Она смайлик в ответ присылала. И все на том. Смайлик один. Пять лет живем, а я так хотел, чтобы она пела, чтобы был
И однажды я подумал – может быть, она одна поет, когда меня нет? Может быть, это немного нечестно, но только ничего плохого не хочу – только понять про чертов прогресс, может ли он быть или не может, любит ли она меня, раз присылает смайлики, что делает, когда поет, как дышит, поет ли что-то красивое, медленное или только громкие арии свои? И оставил включенным диктофон на столе, прикрыл тонкой тетрадкой.

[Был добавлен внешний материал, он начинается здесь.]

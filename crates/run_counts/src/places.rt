//! `PlaceCounts`, what is counted at the instructions of a node.
ghost use Rattle.std.specs.Prelude.{◌≡◌, ◌≤◌, length, replicate, IfOk};
ghost use Rattle.profile_model.specs.Counts.{place_of, is_one_of};
ghost use Rattle.run_counts.specs.Tallies.{HasPlaces, IsPlace, HasPlaceRoom, CountsPlace, AreNoPlaces};

use crate::counting::count_if;
use profile_model::{ISSUES, PAUSES, WAITS};
use std::alloc::{AllocError, Global};
use xs_base::numbers::CODE_START;
use xs_instructions::Image;

/// What is counted at the places of a code, and at that past the last one, for threads that are where no instruction stands.
#[derive(Drop)]
pub struct PlaceCounts {
    /// How often a thread issued there.
    pub issues: Vec<u64>,
    /// How often it paused then.
    pub pauses: Vec<u64>,
    /// In how many slots, of all threads together, it waited there: it was paused, or at sync.
    pub waits: Vec<u64>,
}

impl PlaceCounts {
    /// Nothing, at so many places. The error is want of memory.
    pub(crate) fn new(alloc: Global, places: usize) -> Result<PlaceCounts, AllocError>
        ensures none { IfOk result (λ counts. AreNoPlaces counts) }
        ensures places { IfOk result (λ counts. HasPlaces counts places) }
    {
        Ok(PlaceCounts {
            issues: zeros(alloc, places)?,
            pauses: zeros(alloc, places)?,
            waits: zeros(alloc, places)?,
        })
    }

    /// Counts a slot of a thread that is at a place, and that a chart shows by a character.
    pub(crate) fn count(&mut self, place: usize, c: u8)
        requires place { IsPlace self.old place }
        requires room { HasPlaceRoom self.old place }
        ensures counted { CountsPlace place c self.old self.new }
    {
        count_if(&mut self.issues, place, is_one_of(&ISSUES, c));
        count_if(&mut self.pauses, place, is_one_of(&PAUSES, c));
        count_if(&mut self.waits, place, is_one_of(&WAITS, c));
    }
}

// So many zeros. The error is want of memory.
fn zeros(alloc: Global, count: usize) -> Result<Vec<u64>, AllocError>
    ensures { IfOk result (λ zeros. zeros.items ≡ replicate count 0) }
{
    let mut zeros = Vec::new(alloc);
    for _ in 0..count {
        zeros.push(0)?;
    }
    Ok(zeros)
}

fn is_one_of(chars: &[u8], c: u8) -> bool
    ensures { result ≡ is_one_of chars.now c }
{
    chars.contains(&c)
}

/// The place of the instruction at an address, counted from 0: that past the last one where none stands there.
pub(crate) fn place_of(image: &Image, pc: u32) -> usize
    ensures value { result ≡ place_of image.now.code pc }
    ensures within { result ≤ length image.now.code }
{
    let count = image.code().len();
    if pc < CODE_START || (pc - CODE_START) % 4 != 0 {
        return count;
    }
    let place = ((pc - CODE_START) / 4) as usize;
    if place < count { place } else { count }
}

Ночью стал слушать – а она не поет вовсе, а разговаривает со своим педагогом по вокалу, с мужчиной этим, целый день разговаривает: я только ее слышал, конечно, но понял, что с ним, больше не с кем, потому что они вечно о музыке что-то начинали, а потом продолжали о разном. И так говорили, что сердце заболело и оборвалось, стало биться часто-часто, а раньше я вовсе не чувствовал никакого сердца. Это почему – так? Почему со мной – так? И ведь раньше
Теперь мужчина из класса с роялем – он, что ли, тебя ко всем врачам возил, когда тебе плохо было, приносил тебе кофе из кофейни прямо домой, когда тебе не хотелось варить самой, а хотелось какой-то другой, вкусный? Он ни черта не делал.
А ты с ним о таком – о том, какое ты мороженое любишь, говоришь. Блин, да ему совершенно, совершенно безразлично это, он не собирался и не собирается тебе его привозить, а я…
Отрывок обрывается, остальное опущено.